[Problem to work on] Once the line containing "result.now ≡ self.now.slots" is found in the records below, return it and each following line exactly, up to and including the line containing "step the amounts of", and nothing else.

[Record excerpts]
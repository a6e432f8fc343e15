//! A tracer and where it stands.

ghost use Rattle.std.specs.Prelude.{◌≡◌, ◌<◌, ◌≤◌, ◌^◌, false, true, unsigned_abs, IfOk};
ghost use Rattle.lbm_space.specs.Torus.{cells, rows as row_count};
ghost use Rattle.lbm_space.specs.Cuttings.{rows_of};
ghost use Rattle.lbm_cell.specs.Moments.{density};
ghost use Rattle.lbm_model.specs.State.{population, mass};
ghost use Rattle.lbm_model.specs.Case.{is_solid};
ghost use Rattle.lbm_model.specs.Layout.{StandsIn, aa_layout};
ghost use Rattle.lbm_tracer.specs.Limits.{greatest_amount, cell_bound};
ghost use Rattle.lbm_tracer.specs.Tracing.{set_in, tracer_first};
ghost use Rattle.lbm_tracer.specs.Carried.{HoldsFirst, carried, places_of};

use crate::TracerSet;
use crate::collision::{first_amounts, sum_of};
use crate::flow_row::FlowRow;
use crate::slots::{amounts_at, put_amounts};
use lbm_arrays::Region;
use lbm_cell::Rates;
use lbm_lattice::OWN;
use lbm_model::Case;
use lbm_space::{Cutting, Memory, Space};
use std::alloc::{Allocator, Global};
use std::marker::Model;

/// A passive tracer that a flow carries along, in one region of an array for each direction, in which it is advanced in place.
/// It is spent once it or its flow was found out of limits, or memory was wanted, and stands for no state from then on.
#[derive(Drop)]
pub struct Tracer<A: Allocator> {
    pub(crate) space: Space,
    pub(crate) rates: Rates,
    pub(crate) region: Region<A>,
    pub(crate) flows: FlowRow<A>,
    pub(crate) time: u64,
    pub(crate) spent: bool,
}

impl<A: Allocator> Model for Tracer<A> {
    ghost use Rattle.lbm_tracer.specs.Carried.{TracerLattice, IsTracer};
    ghost use Rattle.lbm_tracer.specs.FlowRows.{HasRoom};

    ghost Value = { TracerLattice };

    ghost view = { λ t. record { torus = t.space; rates = t.rates; time = t.time; spent = t.spent; slots = t.region.slots } };

    ghost invariant = { λ t. IsTracer t.space t.time t.spent t.region × HasRoom t.space.nx t.flows };
}

impl<A: Allocator + Copy> Tracer<A> {
    /// The tracer that begins with an amount, 1 to 16,777,216, in one fluid cell of a case, at time 0, with all the memory that it
    /// needs: eight bytes a slot, in arrays of two slots more than the case's space has padded places, and room for a row of the flow. Its amounts relax by p / q of
    /// `rates`. The cutting, one of the case's rows, is not used: a step goes over the cells one after the other. Want of memory is
    /// the only refusal.
    pub fn start(
        _alloc: Global,
        heap: A,
        case: &Case,
        rates: Rates,
        amount: u32,
        cell: u32,
        _cut: Cutting,
    ) -> Result<Tracer<A>, Memory>
        requires cell { cell < cells case.now.torus }
        requires fluid { is_solid case.now cell ≡ false }
        requires some { 1 ≤ amount }
        requires few { amount ≤ greatest_amount }
        requires cutting { rows_of _cut ≡ row_count case.now.torus }
        ensures { IfOk result (λ t. carried t ≡ record { torus = case.now.torus; rates = rates; time = 0; spent = false; state = tracer_first case.now.torus amount cell }) }
    {
        let space = *case.space();
        let region = first_region(heap, &space, amount, cell)?;
        let flows = FlowRow::new(heap, space.sides()[0] as usize)?;
        Ok(Tracer {
            space,
            rates,
            region,
            flows,
            time: 0,
            spent: false,
        })
    }
}

// The region of a tracer that begins with an amount in one cell.
fn first_region<A: Allocator>(
    heap: A,
    space: &Space,
    amount: u32,
    cell: u32,
) -> Result<Region<A>, Memory>
    requires cell { cell < cells space.now }
    requires few { amount ≤ greatest_amount }
    ensures { IfOk result (HoldsFirst space.now amount cell) }
{
    let _ = space.padded(); // Its type keeps the margin in range.
    let set = TracerSet::of(space);
    let mut region = Region::new(heap, space, set.q() as u32, OWN.margin)?;
    put_amounts(&mut region, space, 0, cell, &first_amounts(set, amount));
    Ok(region)
}

impl<A: Allocator> Tracer<A> {
    /// The amount of a cell, the sum of what it holds for all directions. The tracer is not spent.
    pub fn amount(&self, cell: u32) -> i64
        requires not_spent { self.now.spent ≡ false }
        requires cell { cell < cells self.now.torus }
        ensures value { result ≡ density (set_in self.now.torus) (population (carried self.now).state cell) }
        ensures size { unsigned_abs result ≤ cell_bound }
    {
        let amounts = amounts_at(&self.region, &self.space, self.time, cell);
        sum_of(TracerSet::of(&self.space), &amounts)
    }

    /// The amounts of all cells together, walls included. The tracer is not spent.
    pub fn total(&self) -> i64
        requires not_spent { self.now.spent ≡ false }
        ensures { result ≡ mass (carried self.now).state }
    {
        let mut total = 0;
        for cell in 0..self.space.cells() {
            total += self.amount(cell);
        }
        total
    }

    /// All slots of the region, array after array: an amount stands where the layout of the pattern `aa` has it at the time.
    pub fn slots(&self) -> &[i64]
        ensures value { result.now ≡ self.now.slots }
        ensures layout { StandsIn (places_of self.now.torus) (aa_layout self.now.time) (carried self.now).state result.now }
    {
        self.region.slots()
    }
}
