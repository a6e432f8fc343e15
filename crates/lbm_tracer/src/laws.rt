//! Laws of every tracer, and tracers that were worked by hand.
//!
//! The functions do nothing: their contracts are the theorems.

ghost use Rattle.lbm_tracer.specs.Worked.{TwoCells, FastCell, WalledCell, CellInSpace};
ghost use Rattle.lbm_tracer.specs.Laws.{TotalAtFirst, TotalOfStep, TotalOfRun};

/// Nothing of a tracer is lost: its first state has the whole amount with which it begins, and neither a step nor a run changes the
/// sum of all amounts, walls included.
pub fn total_law()
    ensures first { TotalAtFirst }
    ensures step { TotalOfStep }
    ensures run { TotalOfRun }
{}

/// What the definitions give for small cases that were worked by hand.
pub fn worked_tracers()
    ensures two { TwoCells }
    ensures fast { FastCell }
    ensures walled { WalledCell }
    ensures in_space { CellInSpace }
{}
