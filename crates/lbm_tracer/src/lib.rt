//! A passive tracer that a flow carries along.
//!
//! Each cell has an amount for each direction of the tracer's set, whole numbers of which none is ever lost. In a step the amounts of
//! a fluid cell relax toward those that the flow would carry along, a wall turns its amounts back, and each amount goes to the
//! neighbour in its direction. `Tracer` has them in one region, and `run_tracer` steps a flow and its tracer.
#![tactic(auto)]

mod collision;
pub mod constants;
mod flow_row;
pub mod laws;
mod quotient;
mod run;
mod set;
mod slots;
mod step;
mod trace;
mod tracer;

pub use constants::GREATEST_AMOUNT;
pub use run::{TraceEnd, run_tracer};
pub use set::TracerSet;
pub use trace::write_trace;
pub use tracer::Tracer;
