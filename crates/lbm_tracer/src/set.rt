//! The directions in which a tracer moves.

ghost use Rattle.std.specs.Prelude.{◌≡◌, ◌<◌, ℕ, pos, unsigned_abs};
ghost use Rattle.lbm_space.specs.Stencil.{velocity, weight, opposite, part};
ghost use Rattle.lbm_space.specs.Torus.{cells, back};
ghost use Rattle.lbm_tracer.specs.Sets.{stencil_of, inverse_sound_squared};
ghost use Rattle.lbm_tracer.specs.Tracing.{set_in};

use lbm_space::{D2Q9, D3Q19, Space};

/// The directions of a tracer: rest and the neighbours along an axis, the first ones of D2Q9 and of D3Q19 (Krüger et al.,
/// *The Lattice Boltzmann Method*, the chapter on advection and diffusion).
#[derive(Clone, Copy, Debug, PartialEq, Eq)]
pub enum TracerSet {
    /// Five directions in the plane.
    D2Q5,
    /// Seven directions in space.
    D3Q7,
}

static D2Q5_VELOCITIES: [[i64; 3]; 5] = [[0, 0, 0], [1, 0, 0], [0, 1, 0], [-1, 0, 0], [0, -1, 0]];

static D3Q7_VELOCITIES: [[i64; 3]; 7] = [
    [0, 0, 0],
    [1, 0, 0],
    [-1, 0, 0],
    [0, 1, 0],
    [0, -1, 0],
    [0, 0, 1],
    [0, 0, -1],
];

static D2Q5_OPPOSITES: [usize; 5] = [0, 3, 4, 1, 2];

static D3Q7_OPPOSITES: [usize; 7] = [0, 2, 1, 4, 3, 6, 5];

impl TracerSet {
    /// The set of a space.
    pub fn of(space: &Space) -> TracerSet
        ensures { stencil_of result ≡ set_in space.now }
    {
        if space.dim() == 2 {
            TracerSet::D2Q5
        } else {
            TracerSet::D3Q7
        }
    }

    /// The number of directions.
    #[inline(always)]
    pub fn q(self) -> usize
        ensures { result ≡ (stencil_of self).directions }
    {
        match self {
            TracerSet::D2Q5 => 5,
            TracerSet::D3Q7 => 7,
        }
    }

    /// The denominator of the weights.
    #[inline(always)]
    pub fn denominator(self) -> i64
        ensures { result ≡ (stencil_of self).denominator }
    {
        match self {
            TracerSet::D2Q5 => 6,
            TracerSet::D3Q7 => 8,
        }
    }

    /// One over the square of the speed of sound.
    #[inline(always)]
    pub fn inverse_sound_squared(self) -> i64
        ensures { result ≡ inverse_sound_squared (stencil_of self) }
    {
        match self {
            TracerSet::D2Q5 => 3,
            TracerSet::D3Q7 => 4,
        }
    }

    /// The velocity of direction `k`: x, y and z.
    #[inline(always)]
    pub fn velocity(self, k: usize) -> [i64; 3]
        requires { k < (stencil_of self).directions }
        ensures { result ≡ velocity (stencil_of self) k }
    {
        match self {
            TracerSet::D2Q5 => D2Q5_VELOCITIES[k],
            TracerSet::D3Q7 => D3Q7_VELOCITIES[k],
        }
    }

    /// The weight of direction `k`, over the denominator.
    #[inline(always)]
    pub fn weight(self, k: usize) -> i64
        requires { k < (stencil_of self).directions }
        ensures { result ≡ weight (stencil_of self) k }
    {
        if k == 0 { 2 } else { 1 }
    }

    /// The direction with the velocity of direction `k` reversed.
    #[inline(always)]
    pub fn opposite(self, k: usize) -> usize
        requires { k < (stencil_of self).directions }
        ensures value { result ≡ opposite (stencil_of self) k }
        ensures known { result < (stencil_of self).directions }
    {
        match self {
            TracerSet::D2Q5 => D2Q5_OPPOSITES[k],
            TracerSet::D3Q7 => D3Q7_OPPOSITES[k],
        }
    }
}
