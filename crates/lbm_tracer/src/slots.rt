//! The amounts of a tracer in the slots of a region, laid out as those of the pattern `aa`.

ghost use Rattle.std.specs.Prelude.{◌≡◌, ◌≢◌, ◌<◌, ◌≤◌, ◌+◌, ◌%◌, ℕ, pos, IsTrue, length, slice_index_or};
ghost use Rattle.lbm_space.specs.Torus.{cells, padded, rows};
ghost use Rattle.lbm_cell.specs.Moments.{populations};
ghost use Rattle.lbm_model.specs.Layout.{aa_layout, array_of, place_of};
ghost use Rattle.lbm_tracer.specs.Tracing.{set_in, tracer_source};
ghost use Rattle.lbm_tracer.specs.Carried.{IsTracerRegion, amount_in, places_of};
ghost use Rattle.lbm_tracer.specs.Rows.{cell_at, IsAlong, IsTracerRow, HoldsNothing};

use crate::TracerSet;
use crate::collision::Amounts;
use crate::constants::MAX_DIRECTIONS;
use lbm_arrays::Region;
use lbm_lattice::{BASE, OWN};
use lbm_space::{D2Q9, D3Q19, Space};
use std::alloc::Allocator;

// The cell from which direction `k` leads to a cell.
fn source(space: &Space, cell: u32, k: usize) -> u32
    requires cell { cell < cells space.now }
    requires direction { k < (set_in space.now).directions }
    ensures value { result ≡ tracer_source space.now cell k }
    ensures known { result < cells space.now }
{
    match TracerSet::of(space) {
        TracerSet::D2Q5 => space.back::<D2Q9>(cell, k),
        TracerSet::D3Q7 => space.back::<D3Q19>(cell, k),
    }
}

// The array of direction `k` at a time, and where its amounts stand along a row: from the second number on round after each other,
// the first of them so many places farther as the third number says.
fn round(space: &Space, time: u64, row: u32, k: usize) -> (u32, u32, u32)
    requires row { row < rows space.now }
    requires direction { k < (set_in space.now).directions }
    ensures { IsAlong space.now time row k result.0 result.1 result.2 }
{
    if time % 2 == 0 {
        (k as u32, BASE + space.row_start(row) + 1, 0)
    } else {
        let width = space.sides()[0];
        let behind = source(space, row * width, k);
        let array = TracerSet::of(space).opposite(k) as u32;
        (
            array,
            BASE + space.row_start(behind / width) + 1,
            behind % width,
        )
    }
}

/// A row of cells, and the arrays and places in which their amounts stand at a time.
#[derive(Clone, Copy)]
pub(crate) struct TracerRow {
    pub(crate) space: Space,
    pub(crate) set: TracerSet,
    pub(crate) time: u64,
    pub(crate) number: u32,
    pub(crate) width: u32,
    arrays: [u32; MAX_DIRECTIONS],
    firsts: [u32; MAX_DIRECTIONS],
    aheads: [u32; MAX_DIRECTIONS],
}

impl TracerRow {
    /// A row by its number.
    pub(crate) fn of(space: &Space, time: u64, number: u32) -> TracerRow
        requires { number < rows space.now }
        ensures row { IsTracerRow result }
        ensures space { result.space ≡ space.now }
        ensures time { result.time ≡ time }
        ensures number { result.number ≡ number }
    {
        let set = TracerSet::of(space);
        let mut arrays = [0; MAX_DIRECTIONS];
        let mut firsts = [0; MAX_DIRECTIONS];
        let mut aheads = [0; MAX_DIRECTIONS];
        for k in 0..set.q() {
            let (array, first, ahead) = round(space, time, number, k);
            arrays[k] = array;
            firsts[k] = first;
            aheads[k] = ahead;
        }
        TracerRow {
            space: *space,
            set,
            time,
            number,
            width: space.sides()[0],
            arrays,
            firsts,
            aheads,
        }
    }

    /// The number of the cell at x.
    #[inline(always)]
    pub(crate) fn cell(&self, x: u32) -> u32
        requires row { IsTracerRow self.now }
        requires x { x < self.now.width }
        ensures cell { result ≡ cell_at self.now x }
        ensures known { result < cells self.now.space }
    {
        self.number * self.width + x
    }

    // The array in which amount `k` of the cell at x stands, and its slot there.
    #[inline(always)]
    fn slot(&self, x: u32, k: usize) -> (u32, u32)
        requires row { IsTracerRow self.now }
        requires x { x < self.now.width }
        requires direction { k < (set_in self.now.space).directions }
        ensures array { result.0 ≡ array_of (set_in self.now.space) (aa_layout self.now.time) k }
        ensures place { result.1 ≡ place_of (places_of self.now.space) (aa_layout self.now.time) (cell_at self.now x) k }
        ensures known { result.0 < (set_in self.now.space).directions }
        ensures inside { result.1 < 2 + padded self.now.space }
    {
        let place = self.firsts[k] + turned(x, self.aheads[k], self.width);
        (self.arrays[k], place)
    }
}

// The place that lies `ahead` places behind place x, where the last of `width` places is followed by the first.
#[inline(always)]
fn turned(x: u32, ahead: u32, width: u32) -> u32
    requires x { x < width }
    requires ahead { ahead < width }
    requires few { width ≤ 4096 }
    ensures value { result ≡ (x + ahead) % width }
    ensures known { result < width }
{
    let place = x + ahead;
    if place < width { place } else { place - width }
}

/// The amounts of the cell at x of a row.
#[inline(always)]
pub(crate) fn amounts_in_row<A: Allocator>(
    region: &Region<A>,
    row: &TracerRow,
    set: TracerSet,
    x: u32,
) -> Amounts
    requires row { IsTracerRow row.now }
    requires set { set ≡ row.now.set }
    requires laid { IsTracerRegion row.now.space region.now }
    requires x { x < row.now.width }
    ensures { (k : ℕ) → k < (set_in row.now.space).directions → populations result k ≡ amount_in row.now.space row.now.time region.now.slots (cell_at row.now x) k }
{
    let _ = region.slots(); // Its type keeps the number of slots.
    let mut amounts = [0; MAX_DIRECTIONS];
    for k in 0..set.q() {
        let (array, at) = row.slot(x, k);
        amounts[k] = region.get(array, at);
    }
    amounts
}

/// Puts the amounts of the cell at x of a row in their slots.
#[inline(always)]
pub(crate) fn put_in_row<A: Allocator>(
    region: &mut Region<A>,
    row: &TracerRow,
    set: TracerSet,
    x: u32,
    amounts: &Amounts,
)
    requires row { IsTracerRow row.now }
    requires set { set ≡ row.now.set }
    requires laid { IsTracerRegion row.now.space region.old }
    requires x { x < row.now.width }
    ensures here { (k : ℕ) → k < (set_in row.now.space).directions → amount_in row.now.space row.now.time region.new.slots (cell_at row.now x) k ≡ populations amounts.now k }
    ensures others { (y k : ℕ) → y < cells row.now.space → k < (set_in row.now.space).directions → y ≢ cell_at row.now x → amount_in row.now.space row.now.time region.new.slots y k ≡ amount_in row.now.space row.now.time region.old.slots y k }
    ensures same { region.new ≡ record region.old { slots = region.new.slots } }
{
    let _ = region.slots(); // Its type keeps the number of slots.
    for k in 0..set.q() {
        let (array, at) = row.slot(x, k);
        region.put(array, at, amounts[k]);
    }
}

// Whether each number of a run is 0. All are read, wherever the first other one stands: so the compiler takes several at once.
fn are_zeros(run: &[i64]) -> bool
    ensures { IsTrue result → (x : ℕ) → x < length run.now → slice_index_or run.now x (pos 0) ≡ pos 0 }
{
    let mut any = 0u64;
    for x in 0..run.len() {
        any |= run[x].cast_unsigned();
    }
    any == 0
}

// Whether a row holds nothing for direction `k`. Its amounts stand round after each other, and so in one run.
fn is_without<A: Allocator>(region: &Region<A>, row: &TracerRow, k: usize) -> bool
    requires row { IsTracerRow row.now }
    requires laid { IsTracerRegion row.now.space region.now }
    requires direction { k < (set_in row.now.space).directions }
    ensures { IsTrue result → (x : ℕ) → x < row.now.width → amount_in row.now.space row.now.time region.now.slots (cell_at row.now x) k ≡ pos 0 }
{
    let slots = region.slots();
    let size = OWN.margin as usize + row.space.padded() as usize;
    let first = row.arrays[k] as usize * size + row.firsts[k] as usize;
    are_zeros(&slots[first..first + row.width as usize])
}

/// Whether a row holds nothing: each amount of its cells is 0.
pub(crate) fn is_row_empty<A: Allocator>(region: &Region<A>, row: &TracerRow) -> bool
    requires row { IsTracerRow row.now }
    requires laid { IsTracerRegion row.now.space region.now }
    ensures { IsTrue result → HoldsNothing row.now region.now.slots }
{
    for k in 0..row.set.q() {
        if !is_without(region, row, k) {
            return false;
        }
    }
    true
}

/// The amounts of a cell at a time.
pub fn amounts_at<A: Allocator>(region: &Region<A>, space: &Space, time: u64, cell: u32) -> Amounts
    requires laid { IsTracerRegion space.now region.now }
    requires cell { cell < cells space.now }
    ensures { (k : ℕ) → k < (set_in space.now).directions → populations result k ≡ amount_in space.now time region.now.slots cell k }
{
    let width = space.sides()[0];
    let row = TracerRow::of(space, time, cell / width);
    amounts_in_row(region, &row, row.set, cell % width)
}

/// Puts the amounts of a cell at a time in their slots.
pub fn put_amounts<A: Allocator>(
    region: &mut Region<A>,
    space: &Space,
    time: u64,
    cell: u32,
    amounts: &Amounts,
)
    requires laid { IsTracerRegion space.now region.old }
    requires cell { cell < cells space.now }
    ensures here { (k : ℕ) → k < (set_in space.now).directions → amount_in space.now time region.new.slots cell k ≡ populations amounts.now k }
    ensures others { (y k : ℕ) → y < cells space.now → k < (set_in space.now).directions → y ≢ cell → amount_in space.now time region.new.slots y k ≡ amount_in space.now time region.old.slots y k }
    ensures same { region.new ≡ record region.old { slots = region.new.slots } }
{
    let width = space.sides()[0];
    let row = TracerRow::of(space, time, cell / width);
    put_in_row(region, &row, row.set, cell % width, amounts);
}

[Task response]
        ensures value { result.now ≡ self.now.slots }
        ensures layout { StandsIn (places_of self.now.torus) (aa_layout self.now.time) (carried self.now).state result.now }
    {
        self.region.slots()
    }
}
repository a6e432f8fc343e15
filename crates/lbm_tracer/src/laws.rt
//! Laws of every tracer, and tracers that were worked by hand.
//!
//! The functions do nothing: their contracts are the theorems.

ghost use Rattle.lbm_tracer.specs.Worked.{TwoCells, FastCell, WalledCell, CellInSpace};
ghost use Rattle.lbm_tracer.specs.Laws.{TotalAtFirst, TotalOfStep, TotalOfRun};

/// Nothing of a tracer is lost: its first state has the whole amount with which it begins, and neither a step nor a run changes the
/// sum of all amounts, walls included.
pub fn total_law()
    ensures first { TotalAtFirst }
    ensures step { TotalOfStep }
    ensures run { TotalOfRun }
{}

/// What the definitions give for small cases that were worked by hand.
pub fn worked_tracers()
    ensures two { TwoCells }
    ensures fast { FastCell }
    ensures walled { WalledCell }
    ensures in_space { CellInSpace }
{}
filename crates/lbm_tracer/src/lib.rt
//! A passive tracer that a flow carries along.
//!
//! Each cell has an amount for each direction of the tracer's set, whole numbers of which none is ever lost. In a step the amounts of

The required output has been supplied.